Not bad but was hoping for better overclockability


----------



## fullinfusion (Apr 22, 2014)

Durvelle27 said:


> Not bad but was hoping for better overclockability


Stock voltage and an overclock like that is nothing to frown about. 

I'm sure with a bump in voltage, that thing will take off like a jet. Plus look at the memory clock , it will scale with the voltage too 

Id be all over this gpu in a heart beat... 

@Frogger 
Why you say that


----------



## Durvelle27 (Apr 22, 2014)

fullinfusion said:


> Stock voltage and an overclock like that is nothing to frown about.
> 
> I'm sure with a bump in voltage, that thing will take off like a jet. Plus look at the memory clock , it will scale with the voltage too
> 
> ...


well my reference R9 290X can do 1160/1500 at stock


----------



## fullinfusion (Apr 22, 2014)

Durvelle27 said:


> well my reference R9 290X can do 1160/1500 at stock


And is it under water? Id assume so, but if not hows the temps?

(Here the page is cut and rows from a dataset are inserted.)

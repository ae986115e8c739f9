//! The message of a status.
ghost use Rattle.std.specs.Prelude.{◌≡◌, ◌++◌, [], codes, map, string_bytes, option_copied, OnOk, IfOk};
ghost use Rattle.fault_messages.specs.Places.{place_text, file_part};
ghost use Rattle.fault_messages.specs.Message.{is_help_word, asks_help};
ghost use Rattle.fault_messages.specs.Message.{synopsis, at_place, sentence, before, after, message_of, words_message};

use crate::cycle_room::put_room;
use crate::file_messages::{absent_said, put_limit, put_read_said, put_write_said, wav_said};
use crate::help::help;
use crate::places::{put_file, put_place, word_at};
use crate::pod_messages::put_pod;
use crate::putting::put_number;
use crate::script_messages::put_script;
use crate::usages::put_usage;
use pw_lists::{Items, Memory, Text};
use run_results::Status;
use std::alloc::Global;
use system_files::FileWhy;

// The end of the sentence, and the words of all commands.
fn synopsis() -> &'static [u8]
    ensures { result.now ≡ codes "\n" ++ synopsis }
{
    b"\nusage: pipegraph run SCRIPT [--loops N] [--ticks N] [--trace] [--steal]\n\
       \x20      pipegraph dump FILE\n\
       \x20      pipegraph filter A B OUT\n\
       \x20      pipegraph automate IN SEQ OUT\n\
       \x20      pipegraph check SCRIPT TRACE\n\
       \x20      pipegraph soak NUMBER\n\
       \x20      pipegraph groups SCRIPT\n"
}

// A file of a place, and what is wrong with it.
fn put_file_fault(
    text: &mut Text,
    words: &[String],
    place: u32,
    line: Option<&[u8]>,
    what: &[u8],
) -> Result<(), Memory>
    ensures { OnOk result (text.new ≡ text.old
        ++ at_place (map string_bytes words.now) place
        (file_part (option_copied line.entry) ++ what.now)) }
{
    put_place(text, words, place)?;
    text.extend(b": ")?;
    put_file(text, line)?;
    text.extend(what)
}

// A place, and a colon after it.
fn put_colon(text: &mut Text, words: &[String], place: u32) -> Result<(), Memory>
    ensures { OnOk result (text.new ≡ text.old
        ++ (place_text (map string_bytes words.now) place ++ codes ": ")) }
{
    put_place(text, words, place)?;
    text.extend(b": ")
}

// The sentence, without its end.
fn put_sentence(
    text: &mut Text,
    status: &Status,
    why: Option<FileWhy>,
    words: &[String],
    line: Option<&[u8]>,
    script: &[u8],
) -> Result<(), Memory>
    ensures { OnOk result (text.new ≡ text.old ++ sentence status.now why
        (map string_bytes words.now) (option_copied line.entry) script.now) }
{
    match *status {
        Status::Ok => Ok(()),
        Status::Usage { word } => put_usage(text, words, word),
        Status::Script { line: place, why } => {
            put_colon(text, words, place)?;
            put_script(text, why, line, script, place)
        }
        Status::Wav { place, why } => put_file_fault(text, words, place, line, wav_said(why)),
        Status::Pod { place, why } => {
            put_file_fault(text, words, place, line, b"")?;
            put_pod(text, why)
        }
        Status::Absent { place } => put_file_fault(text, words, place, line, absent_said(line)),
        Status::ReadFault { place } => {
            put_file_fault(text, words, place, line, b"")?;
            put_read_said(text, why)
        }
        Status::WriteFault { place: 0 } => text.extend(b"standard output cannot be written"),
        Status::WriteFault { place } => {
            put_file_fault(text, words, place, line, b"")?;
            put_write_said(text, why)
        }
        Status::Limit { place, which } => {
            put_colon(text, words, place)?;
            put_limit(text, which, line)?;
            put_room(text, words, which, line, script, place)
        }
        Status::Memory => text.extend(b"no memory was left"),
    }
}

// What is before it.
fn before(status: &Status) -> &'static [u8]
    ensures { result.now ≡ before status.now }
{
    match status {
        Status::Ok => b"",
        _ => b"pipegraph: ",
    }
}

// What follows it.
fn after(status: &Status) -> &'static [u8]
    ensures { result.now ≡ after status.now }
{
    match status {
        Status::Ok => b"",
        Status::Usage { .. } => synopsis(),
        _ => b"\n",
    }
}

// Whether a word asks for help, or is missing.
fn is_help_word(word: &[u8]) -> bool
    ensures { result ≡ is_help_word word.now }
{
    word == b"".as_slice()
        || word == b"-h".as_slice()
        || word == b"--help".as_slice()
        || word == b"--version".as_slice()
}

// Whether the words ask for help.
fn asks_help(status: &Status, words: &[String]) -> bool
    ensures { result ≡ asks_help status.now (map string_bytes words.now) }
{
    match status {
        Status::Usage { .. } => is_help_word(word_at(words, 0)),
        _ => false,
    }
}

/// The message of a status in words, by why the system refused a file, where it did and that is
/// known, by the words of the command line without the program's name, by the line of the script
/// that is at fault, where it is at hand, and by the script; what the commands do, where the words
/// ask for help. Nothing where all was done.
#[tactic(auto, unfolding(crate::specs::Message::message_of))]
pub fn message(
    alloc: Global,
    status: &Status,
    why: Option<FileWhy>,
    words: &[String],
    line: Option<&[u8]>,
    script: &[u8],
) -> Result<Text, Memory>
    ensures { IfOk result (λ text. text ≡ message_of status.now why (map string_bytes words.now)
        (option_copied line.entry) script.now) }
{
    if asks_help(status, words) {
        return Items::from_slice(alloc, help());
    }
    let mut text = Items::new(alloc);
    text.extend(before(status))?;
    put_sentence(&mut text, status, why, words, line, script)?;
    text.extend(after(status))?;
    Ok(text)
}

fn put_words_message(text: &mut Text, word: Option<u32>) -> Result<(), Memory>
    ensures { OnOk result (text.new ≡ text.old ++ words_message word) }
{
    match word {
        None => text.extend(b"pipegraph: no memory was left\n"),
        Some(n) => put_number(text, b"pipegraph: word ", n, b" is not text in UTF-8\n"),
    }
}

/// The message of words that could not be read: the first that is no text, counted from 1, or that
/// no memory was left.
pub fn words_message(alloc: Global, word: Option<u32>) -> Result<Text, Memory>
    ensures { IfOk result (λ text. text ≡ words_message word) }
{
    let mut text = Items::new(alloc);
    put_words_message(&mut text, word)?;
    Ok(text)
}
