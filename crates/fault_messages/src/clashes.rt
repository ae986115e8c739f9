//! How the two objects of a filter clash, in words.
ghost use Rattle.std.specs.Prelude.{◌≡◌, ◌++◌, OnOk};
ghost use Rattle.fault_messages.specs.Clashes.{values_said, lacked_key, clash_text};

use crate::key_names::{put_clash, put_format_key, put_key_number};
use pw_lists::{Memory, Text};
use run_results::Clash;

// That no value under a key is a member of both.
fn put_values(text: &mut Text, formats: bool, key: u32) -> Result<(), Memory>
    ensures { OnOk result (text.new ≡ text.old ++ values_said formats key) }
{
    if formats {
        put_clash(text, key)
    } else {
        put_key_number(text, b"no common value under key ", key)
    }
}

// A key that one of them lacks.
fn put_lacked_key(text: &mut Text, formats: bool, key: u32) -> Result<(), Memory>
    ensures { OnOk result (text.new ≡ text.old ++ lacked_key formats key) }
{
    if formats {
        put_format_key(text, key)
    } else {
        put_key_number(text, b"key ", key)
    }
}

// A key that one of them lacks, between words.
fn put_lack(
    text: &mut Text,
    before: &[u8],
    formats: bool,
    key: u32,
    behind: &[u8],
) -> Result<(), Memory>
    ensures { OnOk result (text.new ≡ text.old
        ++ (before.now ++ (lacked_key formats key ++ behind.now))) }
{
    text.extend(before)?;
    put_lacked_key(text, formats, key)?;
    text.extend(behind)
}

/// How the two objects of a filter clash.
pub fn put_clash_text(text: &mut Text, clash: Clash) -> Result<(), Memory>
    ensures { OnOk result (text.new ≡ text.old ++ clash_text clash) }
{
    match clash {
        Clash::Types => text.extend(b"objects of different types"),
        Clash::Values { key, formats } => put_values(text, formats, key),
        Clash::FirstLacks { key, formats } => put_lack(
            text,
            b"the first has no ",
            formats,
            key,
            b", which the second makes mandatory",
        ),
        Clash::SecondLacks { key, formats } => put_lack(
            text,
            b"the second has no ",
            formats,
            key,
            b", which the first makes mandatory",
        ),
    }
}
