//! Words and numbers at the end of a text.
ghost use Rattle.std.specs.Prelude.{◌≡◌, ◌++◌, codes, OnOk};
ghost use Rattle.std.specs.List.{flat_map};
ghost use Rattle.std.specs.Fmt.{signed_decimal};
ghost use Rattle.pod_codec.specs.DumpWords.{hex_digits, hex, escaped, numbered, two_numbered, quoted};

use pw_lists::{Memory, Text, append_decimal};

const HEX: [u8; 16] = *b"0123456789abcdef";

/// Appends a word and a number.
pub fn put_number(word: &[u8], n: u64, text: &mut Text) -> Result<(), Memory>
    ensures { OnOk result (text.new ≡ text.old ++ numbered word.now n) }
{
    text.extend(word)?;
    append_decimal(text, n)
}

/// Appends a word, a number, a mark and another number.
#[tactic(auto, unfolding(crate::specs::DumpWords::two_numbered))]
pub fn put_numbers(word: &[u8], n: u64, mark: &[u8], m: u64, text: &mut Text) -> Result<(), Memory>
    ensures { OnOk result (text.new ≡ text.old ++ two_numbered word.now n mark.now m) }
{
    put_number(word, n, text)?;
    put_number(mark, m, text)
}

/// Appends a signed number.
fn put_signed_digits(n: i64, text: &mut Text) -> Result<(), Memory>
    ensures { OnOk result (text.new ≡ text.old ++ signed_decimal n) }
{
    if n < 0 {
        put_number(b"-".as_slice(), n.unsigned_abs(), text)
    } else {
        put_number(b"".as_slice(), n.unsigned_abs(), text)
    }
}

/// Appends a word and a signed number.
pub fn put_signed(word: &[u8], n: i64, text: &mut Text) -> Result<(), Memory>
    ensures { OnOk result (text.new ≡ text.old ++ (word.now ++ signed_decimal n)) }
{
    text.extend(word)?;
    put_signed_digits(n, text)
}

/// Two lower-case digits.
#[tactic(auto, unfolding(crate::specs::DumpWords::hex_digits))]
fn digits_of(byte: u8) -> [u8; 2]
    ensures { result ≡ hex_digits byte }
{
    [HEX[(byte / 16) as usize], HEX[(byte % 16) as usize]]
}

/// Appends two digits for each byte.
fn put_hex_digits(bytes: &[u8], text: &mut Text) -> Result<(), Memory>
    ensures { OnOk result (text.new ≡ text.old ++ hex bytes.now) }
{
    for byte in bytes {
        text.extend(&digits_of(*byte))?;
    }
    Ok(())
}

/// Appends a word, and two digits for each byte.
pub fn put_hex(word: &[u8], bytes: &[u8], text: &mut Text) -> Result<(), Memory>
    ensures { OnOk result (text.new ≡ text.old ++ (word.now ++ hex bytes.now)) }
{
    text.extend(word)?;
    put_hex_digits(bytes, text)
}

/// Appends a word, two digits for each byte, and a quote.
pub fn put_quoted_hex(word: &[u8], bytes: &[u8], text: &mut Text) -> Result<(), Memory>
    ensures { OnOk result (text.new ≡ text.old ++ quoted word.now (hex bytes.now)) }
{
    put_hex(word, bytes, text)?;
    text.extend(b"\"".as_slice())
}

/// Appends a byte of a string.
#[tactic(auto, unfolding(crate::specs::DumpWords::escaped))]
fn put_byte(byte: u8, text: &mut Text) -> Result<(), Memory>
    ensures { OnOk result (text.new ≡ text.old ++ escaped byte) }
{
    if byte >= 0x20 && byte <= 0x7E && byte != b'"' && byte != b'\\' {
        return text.extend(&[byte]);
    }
    text.extend(b"\\x".as_slice())?;
    text.extend(&digits_of(byte))
}

/// Appends the bytes of a string.
fn put_bytes(bytes: &[u8], text: &mut Text) -> Result<(), Memory>
    ensures { OnOk result (text.new ≡ text.old ++ flat_map escaped bytes.now) }
{
    for byte in bytes {
        put_byte(*byte, text)?;
    }
    Ok(())
}

/// Appends a word, the bytes of a string, and a quote.
pub fn put_quoted(word: &[u8], bytes: &[u8], text: &mut Text) -> Result<(), Memory>
    ensures { OnOk result (text.new ≡ text.old ++ quoted word.now (flat_map escaped bytes.now)) }
{
    text.extend(word)?;
    put_bytes(bytes, text)?;
    text.extend(b"\"".as_slice())
}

For a NON reference gpu I wouldn't complain at all for clocks like what the lightning is doing  
That's not a run of the mill aftermarket gpu by any means... Love they have the sammy mem chips on board and hope they don't cheap out and slap some shitty ones on shortly


----------



## acupalypse (Apr 22, 2014)

Durvelle27 said:


> well my reference R9 290X can do 1160/1500 at stock



On water? If not, how does the gpu graph look when stressing the gpu? how's the temp?


----------



## Durvelle27 (Apr 22, 2014)

fullinfusion said:


> And is it under water? Id assume so, but if not hows the temps?
> 
> For a NON reference gpu I wouldn't complain at all for clocks like what the lightning is doing
> That's not a run of the mill aftermarket gpu by any means... Love they have the sammy mem chips on board and hope they don't cheap out and slap some shitty ones on shortly


No it still has the Reference cooler on it. Temps are ok I've seen 73°C so far at 65% Fan speed and it also has Eplidia VRAM


----------



## fullinfusion (Apr 22, 2014)

Durvelle27 said:


> No it still has the Reference cooler on it. Temps are ok I've seen 73°C so far at 65% Fan speed and it also has Eplidia VRAM


Ok cool, seems like the earlier Eplidia chips are good clockers but the newer Hynix SUCK!


----------



## Durvelle27 (Apr 23, 2014)

fullinfusion said:


> Ok cool, seems like the earlier Eplidia chips are good clockers but the newer Hynix SUCK!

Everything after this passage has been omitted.